_Assignment_. Find the word "whole" in the records below. List each line containing it.

_Given records_.
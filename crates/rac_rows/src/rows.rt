//! Scripts with what a run of each has to write.

use rac_disk::{CallKind, Planned};
use script_text::Rule;

/// How the run of a row is to end.
#[derive(Clone, Copy)]
pub enum RowEnd {
    Done,
    /// The script is refused at this line by this rule.
    Refused { line: u32, rule: Rule },
    DiskFault,
}

/// A script with what a run of it has to write, whatever numbers stand in it for `N` and `M`.
#[derive(Clone, Copy)]
pub struct Row {
    pub title: &'static str,
    pub script: &'static str,
    /// The numbers that stand for `N`, from the first to the last.
    pub n: (u32, u32),
    /// The numbers that stand for `M`.
    pub m: (u32, u32),
    /// The journal is asked for too.
    pub journal: bool,
    /// The call of the disk that is to fail.
    pub fault: Option<Planned>,
    /// What may be written.
    pub wanted: &'static [&'static str],
    pub end: RowEnd,
}

/// All rows.
pub const ROWS: &[Row] = &[
    Row {
        title: "an empty script",
        script: "",
        n: (0, 0),
        m: (0, 0),
        journal: false,
        fault: None,
        wanted: &[""],
        end: RowEnd::Done,
    },
    Row {
        title: "empty waves",
        script: "go
go
",
        n: (0, 0),
        m: (0, 0),
        journal: false,
        fault: None,
        wanted: &[""],
        end: RowEnd::Done,
    },
    Row {
        title: "one change, one commit",
        script: "instances 1
session a on 0
a: put 3 42
a: commit
a: get 3
",
        n: (0, 0),
        m: (0, 0),
        journal: true,
        fault: None,
        wanted: &[
            "3: changed
4: committed
5: rows 3=42
opened a 0
started 3 a 0
changed 3 0.0.1 3 absent 42
started 4 a 0
marked 4 0.0.1 2
committed 0.0.1 2 0
acked 4 0.0.1 2
started 5 a 2
rows 5 3=42
",
        ],
        end: RowEnd::Done,
    },
    Row {
        title: "transfers, a crash and a return",
        script: "instances 3
blocks 2
session a on 0
session b on 0
session c on 1
session d on 1
session e on 2
session f on 2
a: put 0 100
a: put 1 100
a: put 8 100
a: commit
go
c: add 0 -30
c: add 8 30
c: commit
go
e: add 8 -5
e: add 1 5
go
d: scan 0 15
b: add 8 1
go
crash 2 after 0 keep all
go
b: scan 0 15
f: get 0
start 2
go
session g on 2
g: add 1 -20
g: add 0 20
g: commit
go
a: scan 0 15
",
        n: (0, 0),
        m: (0, 0),
        journal: false,
        fault: None,
        wanted: &[
            "9: changed
10: changed
11: changed
12: committed
14: changed
15: changed
16: committed
18: changed
19: changed
21: rows 0=70 1=100 8=130
22: ORA-00054 xid 2.0.1
24: crashed
26: rows 0=70 1=100 8=130
27: ORA-03114
28: up
31: changed
32: changed
33: committed
35: rows 0=90 1=80 8=130
",
        ],
        end: RowEnd::Done,
    },
    Row {
        title: "rows that nobody put",
        script: "blocks 2
session a on 0
a: get 15
a: get 0
",
        n: (0, 0),
        m: (0, 0),
        journal: false,
        fault: None,
        wanted: &[
            "3: rows none
4: rows none
",
        ],
        end: RowEnd::Done,
    },
    Row {
        title: "a row past the last",
        script: "blocks 2
session a on 0
a: get 16
a: get 0
",
        n: (0, 0),
        m: (0, 0),
        journal: false,
        fault: None,
        wanted: &[""],
        end: RowEnd::Refused {
            line: 3,
            rule: Rule::Range,
        },
    },
    Row {
        title: "a reader that is held",
        script: "instances 1
session r on 0
session m on 0
r: put 0 1
r: put 8 1
r: commit
go
hold r until m
r: scan 0 15
m: put 0 2
m: put 8 2
m: commit
go
r: scan 0 15
",
        n: (0, 0),
        m: (0, 0),
        journal: false,
        fault: None,
        wanted: &[
            "4: changed
5: changed
6: committed
9: rows 0=1 8=1
10: changed
11: changed
12: committed
14: rows 0=2 8=2
",
        ],
        end: RowEnd::Done,
    },
    Row {
        title: "a reader beside a writer",
        script: "instances 2
seed N
session r on 0
session m on 1
m: put 0 1
m: put 8 1
m: commit
go
r: scan 0 15
m: put 0 2
m: put 8 2
m: commit
",
        n: (1, 100),
        m: (0, 0),
        journal: false,
        fault: None,
        wanted: &[
            "5: changed
6: changed
7: committed
9: rows 0=1 8=1
10: changed
11: changed
12: committed
",
            "5: changed
6: changed
7: committed
9: rows 0=2 8=2
10: changed
11: changed
12: committed
",
        ],
        end: RowEnd::Done,
    },
    Row {
        title: "a commit is seen elsewhere",
        script: "instances 3
session a on 0
session c on 2
a: put 0 5
a: commit
go
c: get 0
",
        n: (0, 0),
        m: (0, 0),
        journal: false,
        fault: None,
        wanted: &[
            "4: changed
5: committed
7: rows 0=5
",
        ],
        end: RowEnd::Done,
    },
    Row {
        title: "two commits side by side",
        script: "instances 2
session a on 0
session b on 1
a: put 0 1
b: put 8 2
go
a: commit
b: commit
go
a: scan 0 15
b: scan 0 15
",
        n: (0, 0),
        m: (0, 0),
        journal: false,
        fault: None,
        wanted: &[
            "4: changed
5: changed
7: committed
8: committed
10: rows 0=1 8=2
11: rows 0=1 8=2
",
        ],
        end: RowEnd::Done,
    },
    Row {
        title: "later commits of one row are taken back",
        script: "instances 1
session r on 0
session m on 0
m: put 0 1
m: commit
go
hold r until m
r: get 0
m: put 0 2
m: commit
m: put 0 3
m: commit
go
r: get 0
",
        n: (0, 0),
        m: (0, 0),
        journal: false,
        fault: None,
        wanted: &[
            "4: changed
5: committed
8: rows 0=1
9: changed
10: committed
11: changed
12: committed
14: rows 0=3
",
        ],
        end: RowEnd::Done,
    },
    Row {
        title: "own changes over another's",
        script: "instances 2
session a on 0
session b on 1
a: put 0 5
go
b: put 1 6
go
a: scan 0 7
b: scan 0 7
go
a: put 0 7
a: scan 0 7
",
        n: (0, 0),
        m: (0, 0),
        journal: false,
        fault: None,
        wanted: &[
            "4: changed
6: changed
8: rows 0=5
9: rows 1=6
11: changed
12: rows 0=7
",
        ],
        end: RowEnd::Done,
    },
    Row {
        title: "a crash frees a row",
        script: "instances 2
session a on 0
session b on 1
a: put 3 1
go
b: put 3 2
go
crash 0 after 0 keep all
go
b: put 3 2
b: commit
b: get 3
",
        n: (0, 0),
        m: (0, 0),
        journal: false,
        fault: None,
        wanted: &[
            "4: changed
6: ORA-00054 xid 0.0.1
8: crashed
10: changed
11: committed
12: rows 3=2
",
        ],
        end: RowEnd::Done,
    },
    Row {
        title: "undo that is too old",
        script: "instances 1
undo 8
session r on 0
session m on 0
m: put 0 1
m: commit
go
hold r until m
r: get 0
m: put 0 2
m: commit
m: put 8 1
m: put 8 1
m: put 8 1
m: put 8 1
m: put 8 1
m: put 8 1
m: put 8 1
m: put 8 1
m: commit
",
        n: (0, 0),
        m: (0, 0),
        journal: false,
        fault: None,
        wanted: &[
            "5: changed
6: committed
9: ORA-01555 undo 0.1.1 wanted 2 found 10
10: changed
11: committed
12: changed
13: changed
14: changed
15: changed
16: changed
17: changed
18: changed
19: changed
20: committed
",
        ],
        end: RowEnd::Done,
    },
    Row {
        title: "undo that is just there",
        script: "instances 1
undo 8
session r on 0
session m on 0
m: put 0 1
m: commit
go
hold r until m
r: get 0
m: put 0 2
m: commit
m: put 8 1
m: put 8 1
m: put 8 1
m: put 8 1
m: put 8 1
m: put 8 1
m: put 8 1
m: commit
",
        n: (0, 0),
        m: (0, 0),
        journal: false,
        fault: None,
        wanted: &[
            "5: changed
6: committed
9: rows 0=1
10: changed
11: committed
12: changed
13: changed
14: changed
15: changed
16: changed
17: changed
18: changed
19: committed
",
        ],
        end: RowEnd::Done,
    },
    Row {
        title: "undo that is full",
        script: "instances 1
undo 8
session a on 0
a: put 0 1
a: put 0 1
a: put 0 1
a: put 0 1
a: put 0 1
a: put 0 1
a: put 0 1
a: put 0 1
a: put 0 2
a: rollback
a: get 0
a: put 0 3
a: commit
a: get 0
",
        n: (0, 0),
        m: (0, 0),
        journal: false,
        fault: None,
        wanted: &[
            "4: changed
5: changed
6: changed
7: changed
8: changed
9: changed
10: changed
11: changed
12: ORA-30036 first 1 next 9
13: rolled back
14: rows none
15: changed
16: committed
17: rows 0=3
",
        ],
        end: RowEnd::Done,
    },
    Row {
        title: "a block whose transaction slots are taken",
        script: "instances 2
session a on 0
session b on 0
session c on 0
session d on 1
session e on 1
a: put 0 1
b: put 1 1
c: put 2 1
go
d: put 3 1
go
e: put 4 1
",
        n: (0, 0),
        m: (0, 0),
        journal: false,
        fault: None,
        wanted: &[
            "7: changed
8: changed
9: changed
11: changed
13: RAC-001 block 0
",
        ],
        end: RowEnd::Done,
    },
    Row {
        title: "an instance whose transaction slots are taken",
        script: "instances 1
session a on 0
session b on 0
session c on 0
session d on 0
session e on 0
session f on 0
session g on 0
session h on 0
session i on 0
a: put 0 1
b: put 1 1
c: put 2 1
d: put 3 1
e: put 8 1
f: put 9 1
g: put 10 1
h: put 11 1
go
i: put 16 1
",
        n: (0, 0),
        m: (0, 0),
        journal: false,
        fault: None,
        wanted: &[
            "11: changed
12: changed
13: changed
14: changed
15: changed
16: changed
17: changed
18: changed
20: RAC-002 instance 0
",
        ],
        end: RowEnd::Done,
    },
    Row {
        title: "sums outside 64 bits",
        script: "instances 1
session a on 0
a: put 0 9223372036854775807
a: add 0 1
a: get 0
a: add 1 -5
a: get 1
",
        n: (0, 0),
        m: (0, 0),
        journal: false,
        fault: None,
        wanted: &[
            "3: changed
4: ORA-01426 9223372036854775807 1
5: rows 0=9223372036854775807
6: changed
7: rows 1=-5
",
        ],
        end: RowEnd::Done,
    },
    Row {
        title: "a crash at the mark, its record cut",
        script: "instances 2
session a on 0
session b on 1
a: put 0 7
go
a: commit
crash 0 at mark keep all-1
go
b: get 0
",
        n: (0, 0),
        m: (0, 0),
        journal: false,
        fault: None,
        wanted: &[
            "4: changed
6: ORA-03113
7: crashed
9: rows none
",
        ],
        end: RowEnd::Done,
    },
    Row {
        title: "a crash at the mark, its record whole",
        script: "instances 2
session a on 0
session b on 1
a: put 0 7
go
a: commit
crash 0 at mark keep all
go
b: get 0
",
        n: (0, 0),
        m: (0, 0),
        journal: false,
        fault: None,
        wanted: &[
            "4: changed
6: ORA-03113
7: crashed
9: rows 0=7
",
        ],
        end: RowEnd::Done,
    },
    Row {
        title: "two crashes at once",
        script: "instances 3
session a on 0
session b on 1
session c on 2
a: put 0 1
a: commit
go
b: put 1 2
b: commit
go
c: put 2 3
c: commit
go
crash 1 after 0 keep 0
crash 2 after 0 keep 0
go
a: scan 0 7
",
        n: (0, 0),
        m: (0, 0),
        journal: false,
        fault: None,
        wanted: &[
            "5: changed
6: committed
8: changed
9: committed
11: changed
12: committed
14: crashed
15: crashed
17: rows 0=1 1=2 2=3
",
        ],
        end: RowEnd::Done,
    },
    Row {
        title: "crashes at each moment of a recovery",
        script: "instances 3
session a on 0
session b on 1
a: put 0 1
a: commit
go
b: put 0 2
crash 2 after N keep 0
crash 0 after M keep 0
go
crash 1 after 0 keep all
go
start 1
go
session d on 1
d: get 0
",
        n: (0, 20),
        m: (0, 20),
        journal: false,
        fault: None,
        wanted: &[
            "4: changed
5: committed
7: changed
8: crashed
9: crashed
11: crashed
13: up
16: rows 0=1
",
        ],
        end: RowEnd::Done,
    },
    Row {
        title: "an append that fails",
        script: "instances 2
session a on 0
session b on 1
a: put 0 1
a: commit
go
b: get 0
",
        n: (0, 0),
        m: (0, 0),
        journal: false,
        fault: Some(Planned {
            what: CallKind::Append,
            nth: 1,
            keep: 7,
        }),
        wanted: &[
            "4: changed
5: ORA-03113
7: rows none
",
        ],
        end: RowEnd::DiskFault,
    },
    Row {
        title: "a bucket that moves",
        script: "instances 3
seed N
session a on 0
session b on 1
session c on 2
a: put 0 1
b: put 1 2
c: put 2 3
remaster 0 to 2
go
a: commit
b: commit
c: commit
go
b: scan 0 7
",
        n: (1, 50),
        m: (0, 0),
        journal: false,
        fault: None,
        wanted: &[
            "6: changed
7: changed
8: changed
9: moved
11: committed
12: committed
13: committed
15: rows 0=1 1=2 2=3
",
        ],
        end: RowEnd::Done,
    },
    Row {
        title: "a word that isn't whole",
        script: "session a on 0
a: pu
",
        n: (0, 0),
        m: (0, 0),
        journal: false,
        fault: None,
        wanted: &[""],
        end: RowEnd::Refused {
            line: 2,
            rule: Rule::Word,
        },
    },
    Row {
        title: "a session that isn't opened",
        script: "session a on 0
z: get 0
",
        n: (0, 0),
        m: (0, 0),
        journal: false,
        fault: None,
        wanted: &[""],
        end: RowEnd::Refused {
            line: 2,
            rule: Rule::Session,
        },
    },
    Row {
        title: "a number of 65 bits",
        script: "instances 1
session a on 0
a: put 0 9223372036854775808
",
        n: (0, 0),
        m: (0, 0),
        journal: false,
        fault: None,
        wanted: &[""],
        end: RowEnd::Refused {
            line: 3,
            rule: Rule::Number,
        },
    },
    Row {
        title: "savepoints",
        script: "instances 1
session a on 0
a: put 0 1
a: savepoint p
a: put 0 2
a: rollback to p
a: rollback to p
a: get 0
a: rollback to q
a: commit
a: rollback to p
",
        n: (0, 0),
        m: (0, 0),
        journal: false,
        fault: None,
        wanted: &[
            "3: changed
4: savepoint
5: changed
6: rolled back
7: rolled back
8: rows 0=1
9: ORA-01086
10: committed
11: ORA-01086
",
        ],
        end: RowEnd::Done,
    },
    Row {
        title: "a lock in the way",
        script: "instances 2
session a on 0
session b on 1
a: put 2 9
a: commit
a: lock 2
go
b: del 2
go
a: rollback
go
b: del 2
b: commit
go
a: get 2
",
        n: (0, 0),
        m: (0, 0),
        journal: false,
        fault: None,
        wanted: &[
            "4: changed
5: committed
6: locked
8: ORA-00054 xid 0.1.1
10: rolled back
12: changed
13: committed
15: rows none
",
        ],
        end: RowEnd::Done,
    },
    Row {
        title: "more blocks than frames",
        script: "instances 2
blocks 8
cache 4
session a on 0
session b on 1
a: put 0 1
a: put 8 2
a: put 16 3
a: put 24 4
a: put 32 5
a: put 40 6
a: commit
go
checkpoint 0
b: scan 0 63
go
crash 0 after 0 keep 0
go
b: scan 0 63
",
        n: (0, 0),
        m: (0, 0),
        journal: false,
        fault: None,
        wanted: &[
            "6: changed
7: changed
8: changed
9: changed
10: changed
11: changed
12: committed
14: checkpointed
15: rows 0=1 8=2 16=3 24=4 32=5 40=6
17: crashed
19: rows 0=1 8=2 16=3 24=4 32=5 40=6
",
        ],
        end: RowEnd::Done,
    },
    Row {
        title: "control lines that can't be done",
        script: "instances 2
crash 1 after 0 keep 0
go
remaster 0 to 1
checkpoint 1
crash 1 after 0 keep 0
start 0
",
        n: (0, 0),
        m: (0, 0),
        journal: false,
        fault: None,
        wanted: &[
            "2: crashed
4: not moved
5: not done
6: already down
7: already up
",
        ],
        end: RowEnd::Done,
    },
];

_Answer section_.
        title: "a crash at the mark, its record whole",
        title: "a word that isn't whole",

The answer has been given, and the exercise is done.